Make it like it is in my head, Badgers. What is this smooth boated geezer?


----------



## Santino (Jul 26, 2011)

Although, to be fair, pretty much every 1980s TV series had an episode in which some form of aquatic mammal was helped with the aid of a dessert. Who can forget Lovejoy rescuing that dolphin with a strawberry mousse?


----------



## Greebo (Jul 26, 2011)

More or less unforgettable if you saw it - and now you've started the theme tune for "one by one" in my head.


----------



## 5t3IIa (Jul 26, 2011)

Santino said:


> Although, to be fair, pretty much every 1980s TV series had an episode in which some form of aquatic mammal was helped with the aid of a dessert. Who can forget Lovejoy rescuing that dolphin with a strawberry mousse?


 
And Dorian reviving a mislaid penguin with mango sorbet.

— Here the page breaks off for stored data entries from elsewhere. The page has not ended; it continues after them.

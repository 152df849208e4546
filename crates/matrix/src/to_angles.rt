// The three angles of a matrix in an Euler order.
ghost use Rattle.std.specs.Prelude.{◌≡◌};
ghost use Rattle.fault.specs.Answers.{answer};
ghost use Rattle.euler.specs.Orders.{angle_order};
ghost use Rattle.matrix.specs.Matrices.{entry, axes_fault};
ghost use Rattle.matrix.specs.Angles.{repeated_angles, plain_angles, angles_of, to_euler, pole};

use crate::DMat3;
use euler::{EulerRot, Order, ToEuler};
use fault::RotationFault;
use numeric::{atan2_raw, sqrt};

// Below this a cosine or a sine of the middle angle counts as lost: 16 times the distance from 1 to the next f64.
const POLE: f64 = 3.552713678800501e-15;

// The two formulas take the axis numbers one by one, as the original writes them; a struct of the three would be no plainer.
impl DMat3 {
    fn repeated_angles(self, i: usize, j: usize, k: usize, border: f64) -> (f64, f64, f64)
        ensures { result ≡ repeated_angles (entry self) i j k border }
    {
        let sy = sqrt(self.entry(i, j) * self.entry(i, j) + self.entry(i, k) * self.entry(i, k));
        if sy > border {
            (
                atan2_raw(self.entry(i, j), self.entry(i, k)),
                atan2_raw(sy, self.entry(i, i)),
                atan2_raw(self.entry(j, i), -self.entry(k, i)),
            )
        } else {
            (
                atan2_raw(-self.entry(j, k), self.entry(j, j)),
                atan2_raw(sy, self.entry(i, i)),
                0.0,
            )
        }
    }

    fn plain_angles(self, i: usize, j: usize, k: usize, border: f64) -> (f64, f64, f64)
        ensures { result ≡ plain_angles (entry self) i j k border }
    {
        let cy = sqrt(self.entry(i, i) * self.entry(i, i) + self.entry(j, i) * self.entry(j, i));
        if cy > border {
            (
                atan2_raw(self.entry(k, j), self.entry(k, k)),
                atan2_raw(-self.entry(k, i), cy),
                atan2_raw(self.entry(j, i), self.entry(i, i)),
            )
        } else {
            (
                atan2_raw(-self.entry(j, k), self.entry(j, j)),
                atan2_raw(-self.entry(k, i), cy),
                0.0,
            )
        }
    }

    fn angles(self, order: Order, border: f64) -> (f64, f64, f64)
        ensures { result ≡ angles_of order.initial_repeated (entry self) (angle_order order) border }
    {
        let (i, j, k) = order.angle_order();
        if order.initial_repeated {
            self.repeated_angles(i, j, k, border)
        } else {
            self.plain_angles(i, j, k, border)
        }
    }

    // The angles with no test of the matrix, for a caller that has tested it; `border` stands for the pole's.
    #[tactic(auto, using(euler::proofs::Angles::each_signed), unfolding(crate::specs::Angles::to_euler))]
    pub fn to_euler_raw(self, euler: EulerRot, border: f64) -> (f64, f64, f64)
        ensures { result ≡ to_euler border self euler }
    {
        let order = Order::from(euler);
        let (first, middle, last) = self.angles(order, border);
        order.as_read((
            order.signed(first),
            order.signed(middle),
            order.signed(last),
        ))
    }

    // The angles of a matrix with normalised columns in the given order. Near the pole, where the middle angle is a quarter turn
    // (or, for an order that repeats its first letter, none), only a combination of the other two is known.
    pub fn to_euler(self, order: EulerRot) -> Result<(f64, f64, f64), RotationFault>
        ensures { result ≡ answer (axes_fault self) (to_euler pole self order) }
    {
        self.check_axes()?;
        Ok(<DMat3 as ToEuler>::to_euler_angles(self, order))
    }
}

impl ToEuler for DMat3 {
    type Scalar = f64;

    ghost angles = { λ m n. to_euler pole m n };

    fn to_euler_angles(self, order: EulerRot) -> (f64, f64, f64) {
        self.to_euler_raw(order, POLE)
    }
}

They don't make them like that anymore!


----------



## Badgers (Jul 27, 2011)

Watched the first two episodes on YouTube this morning. 
Need to find the DVD or torrent or something.


----------



## 5t3IIa (Jul 27, 2011)

Look at the later series - find the beard.


----------



## _angel_ (Jul 27, 2011)

Was that 1984? I remember it, yes!


----------



## Badgers (Oct 2, 2012)

Still not tracked this down. 

I need more 1980's vet television in my life


----------



## Firky (Oct 2, 2012)

Haha you're old.


----------



## Badgers (Oct 11, 2012)

firky said:
			
		

> Haha you're old.



Middle age viewing spread


----------



## Ranbay (Oct 11, 2012)

Badgers said:


> Still not tracked this down.
> 
> I need more 1980's vet television in my life


 
Can't find owt sorry mate


----------



## Badgers (Nov 6, 2012)

B0B2oo9 said:
			
		

> Can't find owt sorry mate



Got the book for now


----------



## imposs1904 (Nov 6, 2012)

All three seasons are on TheBox bit torrent site.


----------



## Badgers (Nov 7, 2012)

imposs1904 said:
			
		

> All three seasons are on TheBox bit torrent site.



Are they? Does that require some sort of download kajigger?


----------



## Badgers (Jul 11, 2017)

Ranbay said:


> Can't find owt sorry mate


Any update on this?


----------



## 5t3IIa (Jul 12, 2017)

Beard!


----------